You need to free the bunny workers before Commander Lambda's space station explodes! Unfortunately, the Commander was very careful with the highest-value workers -- they all work in separate, maximum-security work rooms. The rooms are opened by putting keys into each console, then pressing the open button on each console simultaneously. When the open button is pressed, each key opens its corresponding lock on the work room. So, the union of the keys in all of the consoles must be all of the keys. The scheme may require multiple copies of one key given to different minions.

The consoles are far enough apart that a separate minion is needed for each one. Fortunately, you have already relieved some bunnies to aid you - and even better, you were able to steal the keys while you were working as Commander Lambda's assistant. The problem is, you don't know which keys to use at which consoles. The consoles are programmed to know which keys each minion had, to prevent someone from just stealing all of the keys and using them blindly. There are signs by the consoles saying how many minions had some keys for the set of consoles. You suspect that Commander Lambda has a systematic way to decide which keys to give to each minion such that they could use the consoles.

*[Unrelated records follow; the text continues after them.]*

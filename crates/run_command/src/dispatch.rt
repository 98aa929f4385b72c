//! The top call: the commands `run` and `split`.
ghost use Rattle.std.specs.Prelude.{◌≡◌, true, map};
ghost use Rattle.set_input.specs.Ends.{TellsFaults, reading, writing};
ghost use Rattle.set_input.specs.Answers.{IsUnwritten};
ghost use Rattle.run_command.specs.Run as commands;
ghost use Rattle.run_command.specs.RunAnswers.{RunAnswers};
ghost use Rattle.run_command.specs.SplitAnswers.{SplitAnswers};

use crate::play_set::play_set;
use crate::play_split::play_split;
use crate::words::{is_run, is_split};
use cpu_site::Gate;
use rt_fault::{Sink, Source, Status};
use std::alloc::Global;
use std::sync::Wait;
use std::thread::Threads;
use trace_tools::TraceTool;

/// Runs the command that the words name, those after the program's name.
///
/// `run` reads a set, plays each processor's steps or turns in a thread of its own, the groups beside each other, and writes
/// the trace of the histories that come about, in format 2, with the count lines of the tools behind the line `end`. The gate
/// is asked before each play.
///
/// `split` reads a set, and where it can be run split, plays each processor's partition in a thread of its own and writes the
/// text of what comes about. The tools are shown nothing. The gate is asked before each step.
///
/// Nothing is written before all input was read, nor where it is refused. The call may wait, and what it promises holds
/// if it returns.
pub fn run<R: Threads + Wait + Sync, S: Source, K: Sink, T: TraceTool, G: Gate + Sync>(
    rt: &R,
    alloc: Global,
    words: &[String],
    src: &mut S,
    out: &mut K,
    tools: Vec<T>,
    gate: &G,
) -> Status
    // Usage is the answer exactly where the words are no command, and then nothing is read or written.
    ensures usage { commands.IsNoCommand words.now → result ≡ Status.Usage }
    ensures no_command { result ≡ Status.Usage → commands.IsNoCommand words.now }
    ensures unread { result ≡ Status.Usage → src.new ≡ src.old }
    ensures unwritten { IsUnwritten result → out.new ≡ out.old }

    // A fault is answered exactly where a read or a write of this call failed.
    ensures faults { TellsFaults (reading S.left S.faults src.old src.new)
        (writing K.held K.faults out.old out.new) result }

    // What each command answers, and what it read and wrote.
    ensures run { commands.is_run words.now ≡ true → RunAnswers (map T.tool tools.items)
        (reading S.left S.faults src.old src.new) (writing K.held K.faults out.old out.new) result }
    ensures split { commands.is_split words.now ≡ true → SplitAnswers
        (reading S.left S.faults src.old src.new) (writing K.held K.faults out.old out.new) result }
{
    if is_run(words) {
        return play_set(rt, alloc, src, out, tools, gate);
    }
    if is_split(words) {
        return play_split(rt, alloc, src, out, gate);
    }
    Status::Usage
}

You need to figure out the scheme that Commander Lambda used to distribute the keys. You know how many minions had keys, and how many consoles are by each work room. You know that Command Lambda wouldn't issue more keys than necessary (beyond what the key distribution scheme requires), and that you need as many bunnies with keys as there are consoles to open the work room.

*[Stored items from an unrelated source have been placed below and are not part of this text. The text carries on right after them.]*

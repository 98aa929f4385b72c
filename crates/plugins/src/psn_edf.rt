//! PSN-EDF.
use crate::global::deadline_key;
use crate::partitioned::partitioned_boost;
use rt_base::Tick;
use rt_rules::{Key, Plugin};
use rt_task::{Protocol, Task};

/// PSN-EDF, LITMUS-RT's partitioned EDF: jobs by deadline on each processor (Brandenburg, dissertation, University of North
/// Carolina, 2011).
#[derive(Clone, Copy)]
pub struct PsnEdf;

impl Plugin for PsnEdf {
    ghost use Rattle.plugins.specs.DeadlineKeys as deadlines;
    ghost use Rattle.plugins.specs.PartitionedBoosts.{partitioned_boost};

    ghost base = { λ t release resv_prio. deadlines.deadline_key t release };

    ghost boost = { partitioned_boost };

    fn base_key(&self, t: &Task, release: Tick, _resv_prio: u32) -> Key {
        deadline_key(t, release)
    }

    fn boost_key(&self, t: &Task, p: Protocol, now: Tick, ceiling: u32) -> Option<Key> {
        partitioned_boost(t, p, now, ceiling)
    }

    fn fifo_cap(&self, m: u32) -> u32 {
        m
    }
}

Given the number of bunnies available and the number of locks required to open a work room, write a function solution(num_buns, num_required) which returns a specification of how to distribute the keys such that any num_required bunnies can open the locks, but no group of (num_required - 1) bunnies can.

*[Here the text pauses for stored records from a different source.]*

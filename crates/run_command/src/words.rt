//! The words of a command line, after the program's name.
ghost use Rattle.std.specs.Prelude.{◌≡◌};
ghost use Rattle.run_command.specs.Run as commands;

/// Whether the words are those of the command `run`.
pub(crate) fn is_run(words: &[String]) -> bool
    ensures { result ≡ commands.is_run words.now }
{
    match words {
        [word] => word.as_str() == "run",
        _ => false,
    }
}

/// Whether the words are those of the command `split`.
pub(crate) fn is_split(words: &[String]) -> bool
    ensures { result ≡ commands.is_split words.now }
{
    match words {
        [word] => word.as_str() == "split",
        _ => false,
    }
}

Each lock is numbered starting from 0. The keys are numbered the same as the lock they open (so for a duplicate key, the number will repeat, since it opens the same lock). For a given bunny, the keys they get is represented as a sorted list of the numbers for the keys. To cover all of the bunnies, the final solution is represented by a sorted list of each individual bunny's list of keys. Find the lexicographically least such key distribution - that is, the first bunny should have keys sequentially starting from 0.

num_buns will always be between 1 and 9, and num_required will always be between 0 and 9 (both inclusive). For example, if you had 3 bunnies and required only 1 of them to open the cell, you would give each bunny the same key such that any of the 3 of them would be able to open it, like so:

[
  [0],
  [0],
  [0],
]

If you had 2 bunnies and required both of them to open the cell, they would receive different keys (otherwise they wouldn't both actually be required), and your solution would be as follows:

[
  [0],
  [1],
]

Finally, if you had 3 bunnies and required 2 of them to open the cell, then any 2 of the 3 bunnies should have all of the keys necessary to open the cell, but no single bunny would be able to do it. Thus, the solution would be:

[
  [0, 1],
  [0, 2],
  [1, 2],
]

Solution

In this problem we have to assign keys to minions from a consecutive sequence starting at 0.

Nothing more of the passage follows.